The New Suburbia: How Diversity Remade Suburban Life in Los Angeles

United States

The conventional story of suburbs as bastions of white, middle-class homeowners no longer describes the suburbs of America's cities. Today they house a more typical cross-section of the nation – rich, poor, Black American, Latino, Asian, immigrant, the unhoused, the lavishly housed, and everyone in between. Nowhere, writes historian Becky Nicolaides, are these changes more vivid than in Los Angeles, where stories of everyday suburban life have taken on new inflections.

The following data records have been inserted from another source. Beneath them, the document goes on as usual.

//! `Syncs`, the synchronisers and locks of a core.
ghost use Rattle.std.specs.Prelude.{ℕ, ◌≡◌, ◌≢◌, ◌<◌, ◌↔◌, ◌⊎◌, true, false, Some, None, [], length, map, OnOk, OnErr, IsErr, IsSome, IfSome, IsSomeAnd};
ghost use Rattle.xs_base.specs.declared.numbers.TheConstants.{THREADS, SYNCHRONISERS, LOCKS};
ghost use Rattle.xs_model.specs.Record.{unused_sync, unused_lock};
ghost use Rattle.xs_model.specs.Free.{lowest_free};
ghost use Rattle.xs_model.specs.Masks.{in_mask, members};
ghost use Rattle.xs_model.specs.Syncs.{is_thread, is_sync_used, is_bound, with_slave, sync_with, bound, freed_sync, free_lock, claimed, released, freed_lock};
ghost use Rattle.sync_locks.specs.declared.answers.Claim.TheVariants as claim;
ghost use Rattle.sync_locks.specs.Answers.{claim_answer};
ghost use Rattle.sync_locks.specs.Syncs.{all_unused, sync_at, lock_at, with_got_sync, with_got_lock, with_sync_at, syncs_after, locks_after, locks_after_claim};
ghost use Rattle.sync_locks.specs.States.{sync_state, sync_of, lock_state, lock_of, AreSyncStates, AreLockStates};

use crate::answers::{Bad, Claim};
use crate::lock::Lock;
use crate::state::{LockState, SyncState};
use crate::sync::Sync;
use std::marker::Model;
use xs_base::numbers::{LOCKS, SYNCHRONISERS};

/// A core's 7 synchronisers and 4 locks, each numbered from 0. A synchroniser in use has a master, the thread that got
/// it, and slaves, the threads bound to it. A lock in use may have an owner. Contracts see the lists of their
/// `SyncRec`s and `LockRec`s. See docs/THREADS.md.
#[derive(Drop)]
pub struct Syncs {
    syncs: [Sync; 7],
    locks: [Lock; 4],
}

impl Model for Syncs {
    ghost use Rattle.std.specs.Prelude.{◌≡◌, length};
    ghost use Rattle.sync_locks.specs.Syncs.{SyncsRec};

    ghost Value = { SyncsRec };

    ghost view = { λ core. record { syncs = core.syncs; locks = core.locks } };

    ghost invariant = { λ core. (length core.syncs ≡ 7) × (length core.locks ≡ 4) };
}

impl Syncs {
    /// The synchronisers and locks at the start: none is in use.
    pub fn new() -> Syncs
        ensures unused { result ≡ all_unused }
    {
        Syncs {
            syncs: Default::default(),
            locks: Default::default(),
        }
    }

    /// Gets the synchroniser with the lowest number that is not in use, for thread `master`, 0 to 7: it is in use
    /// then, with this master and no slaves. `None` comes exactly where all 7 are in use. See docs/THREADS.md.
    pub fn get_sync(&mut self, master: u8) -> Option<u8>
        requires { master < THREADS }
        ensures lowest { result ≡ lowest_free is_sync_used self.old.syncs 0 }
        ensures got { self.new ≡ with_got_sync self.old master (lowest_free is_sync_used self.old.syncs 0) }
        ensures within { IfSome result (λ n. n < SYNCHRONISERS) }
        ensures none { result ≡ None ↔ ((n : ℕ) → n < SYNCHRONISERS → is_sync_used (sync_at self.old.syncs n) ≡ true) }
    {
        let free = first_free_sync(&self.syncs);
        if let Some(n) = free {
            self.syncs[n as usize].get(master);
        }
        free
    }

    /// Gets the lock with the lowest number that is not in use: it is in use then, and nobody owns it but where a state said otherwise (`of_state`). `None`
    /// comes exactly where all 4 are in use. See docs/THREADS.md.
    pub fn get_lock(&mut self) -> Option<u8>
        ensures lowest { result ≡ lowest_free (λ lock. lock.used) self.old.locks 0 }
        ensures got { self.new ≡ with_got_lock self.old (lowest_free (λ lock. lock.used) self.old.locks 0) }
        ensures within { IfSome result (λ n. n < LOCKS) }
        ensures none { result ≡ None ↔ ((n : ℕ) → n < LOCKS → (lock_at self.old.locks n).used ≡ true) }
    {
        let free = first_free_lock(&self.locks);
        if let Some(n) = free {
            self.locks[n as usize].get();
        }
        free
    }

    /// Binds thread `slave`, 0 to 7, to synchroniser `sync`, 0 to 6, for thread `by`, 0 to 7. `Bad` comes exactly where
    /// `by` is not its master, and then nothing changes. See docs/THREADS.md.
    pub fn bind(&mut self, sync: u8, by: u8, slave: u8) -> Result<(), Bad>
        requires sync { sync < SYNCHRONISERS }
        requires by { by < THREADS }
        requires slave { slave < THREADS }
        ensures ok { OnOk result (bound by slave (sync_at self.old.syncs sync) ≡ Some (record (sync_at self.old.syncs sync) { slaves = with_slave slave (sync_at self.old.syncs sync).slaves })) }
        ensures err { OnErr result (bound by slave (sync_at self.old.syncs sync) ≡ None) }
        ensures after { self.new ≡ syncs_after self.old sync (bound by slave (sync_at self.old.syncs sync)) }
        ensures unchanged { OnErr result (self.new ≡ self.old) }
        ensures bad { IsErr result ↔ (is_thread by (sync_at self.old.syncs sync).master ≡ false) }
    {
        self.syncs[sync as usize].bind(by, slave)
    }

    /// The slaves of synchroniser `sync`, bit k for thread k. With a `sync` of 7 or more it speaks of one without
    /// slaves.
    pub fn slaves(&self, sync: u8) -> u8
        ensures value { members result ≡ (sync_at self.now.syncs sync).slaves }
        ensures bits { (k : ℕ) → k < THREADS → in_mask result k ≡ is_bound k (sync_at self.now.syncs sync) }
    {
        if sync < SYNCHRONISERS {
            self.syncs[sync as usize].slaves()
        } else {
            0
        }
    }

    /// The master of synchroniser `sync`, 0 to 6: `None` exactly where it is not in use.
    pub fn master(&self, sync: u8) -> Option<u8>
        requires { sync < SYNCHRONISERS }
        ensures value { result ≡ (sync_at self.now.syncs sync).master }
        ensures none { result ≡ None ↔ (is_sync_used (sync_at self.now.syncs sync) ≡ false) }
    {
        self.syncs[sync as usize].master()
    }

    /// The synchroniser that thread `slave`, 0 to 7, is bound to, the lowest: `None` exactly where it is no slave.
    pub fn sync_of(&self, slave: u8) -> Option<u8>
        requires { slave < THREADS }
        ensures lowest { result ≡ sync_with slave self.now.syncs }
        ensures within { IfSome result (λ n. n < SYNCHRONISERS) }
        ensures none { result ≡ None ↔ ((n : ℕ) → n < SYNCHRONISERS → is_bound slave (sync_at self.now.syncs n) ≡ false) }
        ensures count { length self.now.syncs ≡ SYNCHRONISERS }
    {
        first_with_slave(&self.syncs, slave)
    }

    /// Leaves synchroniser `sync`, 0 to 6, with no slaves; its master stays. See docs/THREADS.md.
    pub fn unbind_all(&mut self, sync: u8)
        requires { sync < SYNCHRONISERS }
        ensures after { self.new ≡ with_sync_at self.old sync (record (sync_at self.old.syncs sync) { slaves = [] }) }
    {
        self.syncs[sync as usize].unbind_all();
    }

    /// Puts synchroniser `sync`, 0 to 6, out of use, for thread `by`, 0 to 7. `Bad` comes exactly where `by` is not its
    /// master or it has slaves, and then nothing changes. See docs/THREADS.md.
    pub fn free_sync(&mut self, sync: u8, by: u8) -> Result<(), Bad>
        requires sync { sync < SYNCHRONISERS }
        requires by { by < THREADS }
        ensures ok { OnOk result (freed_sync by (sync_at self.old.syncs sync) ≡ Some unused_sync) }
        ensures err { OnErr result (freed_sync by (sync_at self.old.syncs sync) ≡ None) }
        ensures after { self.new ≡ syncs_after self.old sync (freed_sync by (sync_at self.old.syncs sync)) }
        ensures unchanged { OnErr result (self.new ≡ self.old) }
        ensures bad { IsErr result ↔ ((is_thread by (sync_at self.old.syncs sync).master ≡ false) ⊎ (0 < length (sync_at self.old.syncs sync).slaves)) }
    {
        self.syncs[sync as usize].free(by)
    }

    /// The owner of lock `lock`: `None` exactly where it has none. With a `lock` of 4 or more it speaks of one without
    /// an owner.
    pub fn owner(&self, lock: u8) -> Option<u8>
        ensures value { result ≡ (lock_at self.now.locks lock).owner }
        ensures count { length self.now.locks ≡ LOCKS }
    {
        if lock < LOCKS {
            self.locks[lock as usize].owner()
        } else {
            None
        }
    }

    /// Thread `by`, 0 to 7, would own lock `lock`, 0 to 3: where it is in use and nobody owns it, the thread owns it
    /// then. `Held` comes exactly where it is in use and another thread owns it, and `Bad` exactly where it is not in use or
    /// `by` owns it; then nothing changes. See docs/THREADS.md.
    pub fn claim(&mut self, lock: u8, by: u8) -> Claim
        requires lock { lock < LOCKS }
        requires by { by < THREADS }
        ensures answer { result ≡ claim_answer (claimed by (lock_at self.old.locks lock)) }
        ensures after { self.new ≡ locks_after_claim self.old lock (claimed by (lock_at self.old.locks lock)) }
        ensures unchanged { result ≢ claim.Got → self.new ≡ self.old }
        ensures got { (result ≡ claim.Got) ↔ (((lock_at self.old.locks lock).used ≡ true) × ((lock_at self.old.locks lock).owner ≡ None)) }
        ensures held { (result ≡ claim.Held) ↔ (((lock_at self.old.locks lock).used ≡ true) × IsSomeAnd (lock_at self.old.locks lock).owner (λ owner. owner ≢ by)) }
        ensures bad { (result ≡ claim.Bad) ↔ (((lock_at self.old.locks lock).used ≡ false) ⊎ ((lock_at self.old.locks lock).owner ≡ Some by)) }
    {
        self.locks[lock as usize].claim(by)
    }

    /// Thread `by`, 0 to 7, gives lock `lock`, 0 to 3, up: it is in use then, and nobody owns it. `Bad` comes exactly
    /// where it is not in use or `by` is not its owner, and then nothing changes. See docs/THREADS.md.
    pub fn release(&mut self, lock: u8, by: u8) -> Result<(), Bad>
        requires lock { lock < LOCKS }
        requires by { by < THREADS }
        ensures ok { OnOk result (released by (lock_at self.old.locks lock) ≡ Some free_lock) }
        ensures err { OnErr result (released by (lock_at self.old.locks lock) ≡ None) }
        ensures after { self.new ≡ locks_after self.old lock (released by (lock_at self.old.locks lock)) }
        ensures unchanged { OnErr result (self.new ≡ self.old) }
        ensures bad { IsErr result ↔ (((lock_at self.old.locks lock).used ≡ false) ⊎ (is_thread by (lock_at self.old.locks lock).owner ≡ false)) }
    {
        self.locks[lock as usize].release(by)
    }

    /// Puts lock `lock`, 0 to 3, out of use. `Bad` comes exactly where it is not in use or a thread owns it, and then
    /// nothing changes. See docs/THREADS.md.
    pub fn free_lock(&mut self, lock: u8) -> Result<(), Bad>
        requires { lock < LOCKS }
        ensures ok { OnOk result (freed_lock (lock_at self.old.locks lock) ≡ Some unused_lock) }
        ensures err { OnErr result (freed_lock (lock_at self.old.locks lock) ≡ None) }
        ensures after { self.new ≡ locks_after self.old lock (freed_lock (lock_at self.old.locks lock)) }
        ensures unchanged { OnErr result (self.new ≡ self.old) }
        ensures bad { IsErr result ↔ (((lock_at self.old.locks lock).used ≡ false) ⊎ IsSome (lock_at self.old.locks lock).owner) }
    {
        self.locks[lock as usize].free()
    }

    /// What a snapshot keeps of the synchronisers and of the locks, each by their numbers. It takes no memory. See
    /// docs/SNAPSHOTS.md.
    pub fn state(&self) -> ([SyncState; 7], [LockState; 4])
        ensures syncs { result.0 ≡ map sync_state self.now.syncs }
        ensures locks { result.1 ≡ map lock_state self.now.locks }
    {
        let syncs = self.syncs.each_ref().map(Sync::state);
        let locks = self.locks.each_ref().map(Lock::state);
        (syncs, locks)
    }

    /// The synchronisers and locks that a snapshot keeps, each by their numbers. It takes no memory. See docs/SNAPSHOTS.md.
    pub fn of_state(syncs: &[SyncState; 7], locks: &[LockState; 4]) -> Syncs
        requires syncs { AreSyncStates syncs.now }
        requires locks { AreLockStates locks.now }
        ensures value { result ≡ record { syncs = map sync_of syncs.now; locks = map lock_of locks.now } }
    {
        Syncs {
            syncs: syncs.map(Sync::of_state),
            locks: locks.map(Lock::of_state),
        }
    }
}

/// The lowest synchroniser that is not in use.
fn first_free_sync(syncs: &[Sync; 7]) -> Option<u8>
    ensures lowest { result ≡ lowest_free is_sync_used syncs.now 0 }
    ensures within { IfSome result (λ n. n < SYNCHRONISERS) }
{
    for n in 0..SYNCHRONISERS {
        if !syncs[n as usize].is_used() {
            return Some(n);
        }
    }
    None
}

/// The lowest lock that is not in use.
fn first_free_lock(locks: &[Lock; 4]) -> Option<u8>
    ensures lowest { result ≡ lowest_free (λ lock. lock.used) locks.now 0 }
    ensures within { IfSome result (λ n. n < LOCKS) }
{
    for n in 0..LOCKS {
        if !locks[n as usize].is_used() {
            return Some(n);
        }
    }
    None
}

/// The lowest synchroniser to which a thread, 0 to 7, is bound.
fn first_with_slave(syncs: &[Sync; 7], slave: u8) -> Option<u8>
    requires { slave < THREADS }
    ensures lowest { result ≡ sync_with slave syncs.now }
    ensures within { IfSome result (λ n. n < SYNCHRONISERS) }
{
    for n in 0..SYNCHRONISERS {
        if syncs[n as usize].has_slave(slave) {
            return Some(n);
        }
    }
    None
}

Join us for a webinar on February 20 at 6pm ET as Nicolaides discusses her new book, The New Suburbia: How Diversity Remade Suburban Life in Los Angeles after 1945. Based on a half-century of quantitative data and unpublished oral histories and interviews, The New Suburbia explores this vital transformation. Praising her study as a " field-defining book," Thomas Sugrue, professor of history at NYU writes, "Through rigorous on the ground research, Nicolaides shows how newcomers remade formerly white-majority suburbs and how suburban governments have struggled to adapt. The New Suburbia is an essential starting point for understanding the challenges and opportunities of an increasingly diverse America."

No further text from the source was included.